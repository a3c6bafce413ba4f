// The entries of a scenario's lists, one by one.
ghost use Rattle.std.specs.Prelude.{◌≡◌, codes, IfOk};
ghost use Rattle.stx_refusals.specs.Faults.{entry as path_of_entry};
ghost use Rattle.stx_judge.specs.Judge.{name_faults, turn_faults, class_faults, bean_faults, method_faults, sync_faults, listener_faults, client_faults};

use crate::checks::{Checks, Faults, check_array};
use crate::references::parent_known;
use crate::tables::Place;
use std::alloc::Global;
use stx_names::{is_class_name, is_name};
use stx_refusals::{Argument, Stage, check_entry, entry, refuse, under};
use stx_scenario::{
    Bean, Calls, ClassDecl, Listener, MOST_CALLS, MOST_CLIENTS, Method, Name, NoMemory, Scenario,
    SyncDecl,
};

/// The parts of a scenario, and where paths take their memory.
#[derive(Drop)]
pub struct Parts<'a> {
    pub alloc: Global,
    pub scenario: &'a Scenario,
}

impl<'a> Parts<'a> {
    /// The place at a path.
    pub fn place(&self, path: Argument) -> Place<'a>
        ensures scenario { result.scenario.now ≡ self.now.scenario.now }
        ensures path { result.path ≡ path }
    {
        Place {
            alloc: self.alloc,
            scenario: self.scenario,
            path,
        }
    }

    /// The table that an entry of the array under a key is.
    fn table(&self, key: &str, at: usize) -> Result<Place<'a>, NoMemory>
        ensures scenario { IfOk result (λ table. table.scenario.now ≡ self.now.scenario.now) }
        ensures path { IfOk result (λ table. table.path ≡ path_of_entry key.now at) }
    {
        let path = entry(self.alloc, key, at)?;
        Ok(self.place(path))
    }
}

// The rows. No path is made where it is a name: there may be many.
impl<'a> Checks<Name> for Parts<'a> {
    ghost finds = { λ _ n name. name_faults (path_of_entry (codes "rows") n) name };

    fn check(&self, faults: &mut Faults, at: usize, name: &Name) -> Result<(), NoMemory> {
        if is_name(name.as_str()) {
            return Ok(());
        }
        let path = entry(self.alloc, "rows", at)?;
        let path = under(self.alloc, path.as_str(), "name")?;
        refuse(faults, Stage::BadName, path)
    }
}

// The turns of the schedule.
impl<'a> Checks<u32> for Parts<'a> {
    ghost finds = { λ parts. turn_faults parts.scenario.now };

    fn check(&self, faults: &mut Faults, at: usize, client: &u32) -> Result<(), NoMemory> {
        let path = "schedule";
        let passed = (*client as usize) < MOST_CLIENTS;
        check_entry(self.alloc, faults, path, at, passed, Stage::OutOfRange)?;
        let passed = (*client as usize) < self.scenario.clients.len();
        check_entry(self.alloc, faults, path, at, passed, Stage::UnknownRef)
    }
}

impl<'a> Checks<ClassDecl> for Parts<'a> {
    ghost finds = { λ parts. class_faults parts.scenario.now };

    fn check(&self, faults: &mut Faults, at: usize, class: &ClassDecl) -> Result<(), NoMemory> {
        let table = self.table("classes", at)?;
        let passed = is_class_name(class.name.as_str());
        table.check_key(faults, "name", passed, Stage::BadName)?;
        let passed = parent_known(self.scenario, class.parent);
        table.check_key(faults, "parent", passed, Stage::UnknownRef)
    }
}

impl<'a> Checks<Bean> for Parts<'a> {
    ghost finds = { λ parts. bean_faults parts.scenario.now };

    fn check(&self, faults: &mut Faults, at: usize, bean: &Bean) -> Result<(), NoMemory> {
        let table = self.table("beans", at)?;
        table.check_name(faults, &bean.name)?;
        table.check_tx(faults, &bean.tx)
    }
}

impl<'a> Checks<Method> for Parts<'a> {
    ghost finds = { λ parts. method_faults parts.scenario.now };

    fn check(&self, faults: &mut Faults, at: usize, method: &Method) -> Result<(), NoMemory> {
        let table = self.table("methods", at)?;
        let passed = (method.bean.0 as usize) < self.scenario.beans.len();
        table.check_key(faults, "bean", passed, Stage::UnknownRef)?;
        table.check_name(faults, &method.name)?;
        table.check_tx(faults, &method.tx)?;
        table.check_body(faults, method.bean, &method.body)
    }
}

impl<'a> Checks<SyncDecl> for Parts<'a> {
    ghost finds = { λ parts. sync_faults parts.scenario.now };

    fn check(&self, faults: &mut Faults, at: usize, sync: &SyncDecl) -> Result<(), NoMemory> {
        let table = self.table("syncs", at)?;
        table.check_name(faults, &sync.name)?;
        table.check_callback(faults, "before_commit", &sync.before_commit)?;
        table.check_callback(faults, "before_completion", &sync.before_completion)?;
        table.check_callback(faults, "after_commit", &sync.after_commit)?;
        table.check_callback(faults, "after_completion", &sync.after_completion)?;
        Ok(())
    }
}

impl<'a> Checks<Listener> for Parts<'a> {
    ghost finds = { λ parts. listener_faults parts.scenario.now };

    fn check(&self, faults: &mut Faults, at: usize, listener: &Listener) -> Result<(), NoMemory> {
        let table = self.table("listeners", at)?;
        table.check_name(faults, &listener.name)?;
        let passed = (listener.event.0 as usize) < self.scenario.events.len();
        table.check_key(faults, "event", passed, Stage::UnknownRef)?;
        table.check_callback(faults, "body", &listener.body)
    }
}

impl<'a> Checks<Calls> for Parts<'a> {
    ghost finds = { λ parts. client_faults parts.scenario.now };

    fn check(&self, faults: &mut Faults, at: usize, calls: &Calls) -> Result<(), NoMemory> {
        let array = self.table("clients", at)?.under("calls")?;
        let path = array.path.as_str();
        let calls = calls.as_slice();
        check_array(self.alloc, faults, path, MOST_CALLS, &array, calls)
    }
}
________________________________________
## HOW TO COMPLETE THIS TASK
Copy the entries above exactly, leaving none out.

## TASK RESULT
repository a3c6bafce413ba4f
// The entries of a scenario's lists, one by one.
ghost use Rattle.std.specs.Prelude.{◌≡◌, codes, IfOk};
ghost use Rattle.stx_refusals.specs.Faults.{entry as path_of_entry};
ghost use Rattle.stx_judge.specs.Judge.{name_faults, turn_faults, class_faults, bean_faults, method_faults, sync_faults, listener_faults, client_faults};

use crate::checks::{Checks, Faults, check_array};
use crate::references::parent_known;
use crate::tables::Place;
use std::alloc::Global;
use stx_names::{is_class_name, is_name};
use stx_refusals::{Argument, Stage, check_entry, entry, refuse, under};
use stx_scenario::{
    Bean, Calls, ClassDecl, Listener, MOST_CALLS, MOST_CLIENTS, Method, Name, NoMemory, Scenario,
    SyncDecl,
};

/// The parts of a scenario, and where paths take their memory.
#[derive(Drop)]
pub struct Parts<'a> {
    pub alloc: Global,
    pub scenario: &'a Scenario,
}

impl<'a> Parts<'a> {
    /// The place at a path.
    pub fn place(&self, path: Argument) -> Place<'a>
        ensures scenario { result.scenario.now ≡ self.now.scenario.now }
        ensures path { result.path ≡ path }
    {
        Place {
            alloc: self.alloc,
            scenario: self.scenario,
            path,
        }
    }

    /// The table that an entry of the array under a key is.
    fn table(&self, key: &str, at: usize) -> Result<Place<'a>, NoMemory>
        ensures scenario { IfOk result (λ table. table.scenario.now ≡ self.now.scenario.now) }
        ensures path { IfOk result (λ table. table.path ≡ path_of_entry key.now at) }
    {
        let path = entry(self.alloc, key, at)?;
        Ok(self.place(path))
    }
}

// The rows. No path is made where it is a name: there may be many.
impl<'a> Checks<Name> for Parts<'a> {
    ghost finds = { λ _ n name. name_faults (path_of_entry (codes "rows") n) name };

    fn check(&self, faults: &mut Faults, at: usize, name: &Name) -> Result<(), NoMemory> {
        if is_name(name.as_str()) {
            return Ok(());
        }
        let path = entry(self.alloc, "rows", at)?;
        let path = under(self.alloc, path.as_str(), "name")?;
        refuse(faults, Stage::BadName, path)
    }
}

// The turns of the schedule.
impl<'a> Checks<u32> for Parts<'a> {
    ghost finds = { λ parts. turn_faults parts.scenario.now };

    fn check(&self, faults: &mut Faults, at: usize, client: &u32) -> Result<(), NoMemory> {
        let path = "schedule";
        let passed = (*client as usize) < MOST_CLIENTS;
        check_entry(self.alloc, faults, path, at, passed, Stage::OutOfRange)?;
        let passed = (*client as usize) < self.scenario.clients.len();
        check_entry(self.alloc, faults, path, at, passed, Stage::UnknownRef)
    }
}

impl<'a> Checks<ClassDecl> for Parts<'a> {
    ghost finds = { λ parts. class_faults parts.scenario.now };

    fn check(&self, faults: &mut Faults, at: usize, class: &ClassDecl) -> Result<(), NoMemory> {
        let table = self.table("classes", at)?;
        let passed = is_class_name(class.name.as_str());
        table.check_key(faults, "name", passed, Stage::BadName)?;
        let passed = parent_known(self.scenario, class.parent);
        table.check_key(faults, "parent", passed, Stage::UnknownRef)
    }
}

impl<'a> Checks<Bean> for Parts<'a> {
    ghost finds = { λ parts. bean_faults parts.scenario.now };

    fn check(&self, faults: &mut Faults, at: usize, bean: &Bean) -> Result<(), NoMemory> {
        let table = self.table("beans", at)?;
        table.check_name(faults, &bean.name)?;
        table.check_tx(faults, &bean.tx)
    }
}

impl<'a> Checks<Method> for Parts<'a> {
    ghost finds = { λ parts. method_faults parts.scenario.now };

    fn check(&self, faults: &mut Faults, at: usize, method: &Method) -> Result<(), NoMemory> {
        let table = self.table("methods", at)?;
        let passed = (method.bean.0 as usize) < self.scenario.beans.len();
        table.check_key(faults, "bean", passed, Stage::UnknownRef)?;
        table.check_name(faults, &method.name)?;
        table.check_tx(faults, &method.tx)?;
        table.check_body(faults, method.bean, &method.body)
    }
}

impl<'a> Checks<SyncDecl> for Parts<'a> {
    ghost finds = { λ parts. sync_faults parts.scenario.now };

    fn check(&self, faults: &mut Faults, at: usize, sync: &SyncDecl) -> Result<(), NoMemory> {
        let table = self.table("syncs", at)?;
        table.check_name(faults, &sync.name)?;
        table.check_callback(faults, "before_commit", &sync.before_commit)?;
        table.check_callback(faults, "before_completion", &sync.before_completion)?;
        table.check_callback(faults, "after_commit", &sync.after_commit)?;
        table.check_callback(faults, "after_completion", &sync.after_completion)?;
        Ok(())
    }
}

impl<'a> Checks<Listener> for Parts<'a> {
    ghost finds = { λ parts. listener_faults parts.scenario.now };

    fn check(&self, faults: &mut Faults, at: usize, listener: &Listener) -> Result<(), NoMemory> {
        let table = self.table("listeners", at)?;
        table.check_name(faults, &listener.name)?;
        let passed = (listener.event.0 as usize) < self.scenario.events.len();
        table.check_key(faults, "event", passed, Stage::UnknownRef)?;
        table.check_callback(faults, "body", &listener.body)
    }
}

impl<'a> Checks<Calls> for Parts<'a> {
    ghost finds = { λ parts. client_faults parts.scenario.now };

    fn check(&self, faults: &mut Faults, at: usize, calls: &Calls) -> Result<(), NoMemory> {
        let array = self.table("clients", at)?.under("calls")?;
        let path = array.path.as_str();
        let calls = calls.as_slice();
        check_array(self.alloc, faults, path, MOST_CALLS, &array, calls)
    }
}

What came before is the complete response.